(Stored data)
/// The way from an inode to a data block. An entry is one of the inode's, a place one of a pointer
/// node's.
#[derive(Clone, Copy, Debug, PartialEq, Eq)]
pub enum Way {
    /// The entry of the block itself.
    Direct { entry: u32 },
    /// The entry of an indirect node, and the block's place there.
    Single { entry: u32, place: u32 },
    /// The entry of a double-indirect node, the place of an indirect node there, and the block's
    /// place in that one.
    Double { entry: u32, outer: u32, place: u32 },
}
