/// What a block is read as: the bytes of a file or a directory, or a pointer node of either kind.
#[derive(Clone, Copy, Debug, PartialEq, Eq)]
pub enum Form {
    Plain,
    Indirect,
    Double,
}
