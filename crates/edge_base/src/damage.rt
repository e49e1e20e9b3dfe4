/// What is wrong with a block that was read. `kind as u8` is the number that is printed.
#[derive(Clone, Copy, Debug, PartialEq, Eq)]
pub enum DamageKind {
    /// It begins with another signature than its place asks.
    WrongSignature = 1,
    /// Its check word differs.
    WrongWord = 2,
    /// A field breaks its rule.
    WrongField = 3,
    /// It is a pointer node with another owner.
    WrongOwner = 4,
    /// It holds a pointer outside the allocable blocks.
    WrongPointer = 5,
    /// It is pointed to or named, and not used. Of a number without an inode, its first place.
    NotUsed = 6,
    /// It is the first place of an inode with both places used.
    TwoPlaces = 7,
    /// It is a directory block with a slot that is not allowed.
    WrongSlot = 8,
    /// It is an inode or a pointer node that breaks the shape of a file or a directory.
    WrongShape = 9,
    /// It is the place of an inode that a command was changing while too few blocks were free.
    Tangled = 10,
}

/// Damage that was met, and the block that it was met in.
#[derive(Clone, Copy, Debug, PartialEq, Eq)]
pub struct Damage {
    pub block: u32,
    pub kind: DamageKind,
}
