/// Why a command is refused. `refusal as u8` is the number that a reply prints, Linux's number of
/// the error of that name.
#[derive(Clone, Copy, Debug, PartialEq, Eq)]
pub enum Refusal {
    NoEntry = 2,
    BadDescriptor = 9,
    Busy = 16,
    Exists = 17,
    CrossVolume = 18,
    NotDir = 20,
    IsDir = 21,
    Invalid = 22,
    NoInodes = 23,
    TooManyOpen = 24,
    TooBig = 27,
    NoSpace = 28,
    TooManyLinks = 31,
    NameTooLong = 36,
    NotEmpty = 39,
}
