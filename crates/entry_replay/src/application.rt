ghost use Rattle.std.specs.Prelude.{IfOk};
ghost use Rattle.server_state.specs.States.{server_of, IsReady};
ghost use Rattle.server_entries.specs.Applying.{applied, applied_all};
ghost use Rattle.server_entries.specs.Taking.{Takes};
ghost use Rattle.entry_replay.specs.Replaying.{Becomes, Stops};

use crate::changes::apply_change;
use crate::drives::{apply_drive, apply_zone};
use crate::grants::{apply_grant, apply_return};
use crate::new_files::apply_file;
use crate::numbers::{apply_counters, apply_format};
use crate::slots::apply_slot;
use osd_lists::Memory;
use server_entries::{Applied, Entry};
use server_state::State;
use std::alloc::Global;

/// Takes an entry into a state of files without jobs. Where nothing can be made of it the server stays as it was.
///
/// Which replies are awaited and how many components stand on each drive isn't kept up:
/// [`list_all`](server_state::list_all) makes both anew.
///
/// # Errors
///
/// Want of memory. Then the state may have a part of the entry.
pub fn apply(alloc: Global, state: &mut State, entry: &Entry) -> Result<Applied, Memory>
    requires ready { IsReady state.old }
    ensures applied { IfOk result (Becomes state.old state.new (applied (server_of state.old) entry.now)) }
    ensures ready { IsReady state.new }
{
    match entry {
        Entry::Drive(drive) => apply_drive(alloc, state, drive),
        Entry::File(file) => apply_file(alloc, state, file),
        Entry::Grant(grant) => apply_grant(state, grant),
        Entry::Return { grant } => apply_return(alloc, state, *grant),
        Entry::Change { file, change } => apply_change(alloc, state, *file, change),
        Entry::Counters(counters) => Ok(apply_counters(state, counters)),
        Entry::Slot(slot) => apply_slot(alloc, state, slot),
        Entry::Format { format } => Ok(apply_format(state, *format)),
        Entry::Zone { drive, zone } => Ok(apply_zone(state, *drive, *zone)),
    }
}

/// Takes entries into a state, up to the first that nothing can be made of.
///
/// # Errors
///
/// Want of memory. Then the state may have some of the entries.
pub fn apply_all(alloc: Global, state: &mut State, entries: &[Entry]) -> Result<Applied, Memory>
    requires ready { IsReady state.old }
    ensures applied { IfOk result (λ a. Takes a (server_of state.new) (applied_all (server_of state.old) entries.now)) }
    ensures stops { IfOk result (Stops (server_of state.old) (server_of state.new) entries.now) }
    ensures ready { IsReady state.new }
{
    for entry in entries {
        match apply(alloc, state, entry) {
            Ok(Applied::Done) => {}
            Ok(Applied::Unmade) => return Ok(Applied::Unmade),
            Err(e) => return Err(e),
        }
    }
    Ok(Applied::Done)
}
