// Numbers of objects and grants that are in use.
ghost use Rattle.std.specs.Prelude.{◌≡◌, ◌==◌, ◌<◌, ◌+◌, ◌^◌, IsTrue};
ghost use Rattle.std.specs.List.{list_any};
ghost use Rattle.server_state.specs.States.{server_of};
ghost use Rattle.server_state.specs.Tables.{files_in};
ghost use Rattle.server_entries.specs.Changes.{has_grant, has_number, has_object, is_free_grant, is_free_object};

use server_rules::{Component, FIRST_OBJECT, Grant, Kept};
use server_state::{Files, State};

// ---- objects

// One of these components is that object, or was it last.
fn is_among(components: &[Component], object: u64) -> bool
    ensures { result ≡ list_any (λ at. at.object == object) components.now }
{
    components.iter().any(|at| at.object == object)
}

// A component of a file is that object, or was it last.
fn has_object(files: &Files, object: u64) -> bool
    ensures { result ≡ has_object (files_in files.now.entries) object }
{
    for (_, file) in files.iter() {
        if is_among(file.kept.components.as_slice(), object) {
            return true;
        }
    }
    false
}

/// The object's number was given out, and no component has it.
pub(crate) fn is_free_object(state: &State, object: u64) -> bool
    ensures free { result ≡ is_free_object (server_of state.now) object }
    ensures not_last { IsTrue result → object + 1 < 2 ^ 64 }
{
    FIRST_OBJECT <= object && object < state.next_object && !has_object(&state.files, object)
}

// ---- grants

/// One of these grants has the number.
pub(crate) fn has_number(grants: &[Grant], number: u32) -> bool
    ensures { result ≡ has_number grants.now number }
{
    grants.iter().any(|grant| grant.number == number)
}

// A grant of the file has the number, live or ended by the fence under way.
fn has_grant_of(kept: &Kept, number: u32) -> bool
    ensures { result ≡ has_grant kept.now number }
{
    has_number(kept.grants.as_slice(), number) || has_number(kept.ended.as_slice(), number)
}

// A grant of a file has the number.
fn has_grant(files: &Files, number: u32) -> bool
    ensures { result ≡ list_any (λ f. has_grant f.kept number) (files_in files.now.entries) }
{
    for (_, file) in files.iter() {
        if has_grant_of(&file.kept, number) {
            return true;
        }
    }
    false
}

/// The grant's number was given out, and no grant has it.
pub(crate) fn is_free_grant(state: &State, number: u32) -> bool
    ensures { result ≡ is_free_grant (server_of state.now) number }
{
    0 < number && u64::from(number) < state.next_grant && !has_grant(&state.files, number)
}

== Your assignment ==
Take the records above and return, word for word, only the lines that fall from the line with "pub enum Way" to the line with "that is printed.", both of them included.

== Written solution ==
pub enum Way {
    /// The entry of the block itself.
    Direct { entry: u32 },
    /// The entry of an indirect node, and the block's place there.
    Single { entry: u32, place: u32 },
    /// The entry of a double-indirect node, the place of an indirect node there, and the block's
    /// place in that one.
    Double { entry: u32, outer: u32, place: u32 },
}
/// What a block is read as: the bytes of a file or a directory, or a pointer node of either kind.
#[derive(Clone, Copy, Debug, PartialEq, Eq)]
pub enum Form {
    Plain,
    Indirect,
    Double,
}
filename crates/edge_base/src/damage.rt
repository e49e1e20e9b3dfe4
/// What is wrong with a block that was read. `kind as u8` is the number that is printed.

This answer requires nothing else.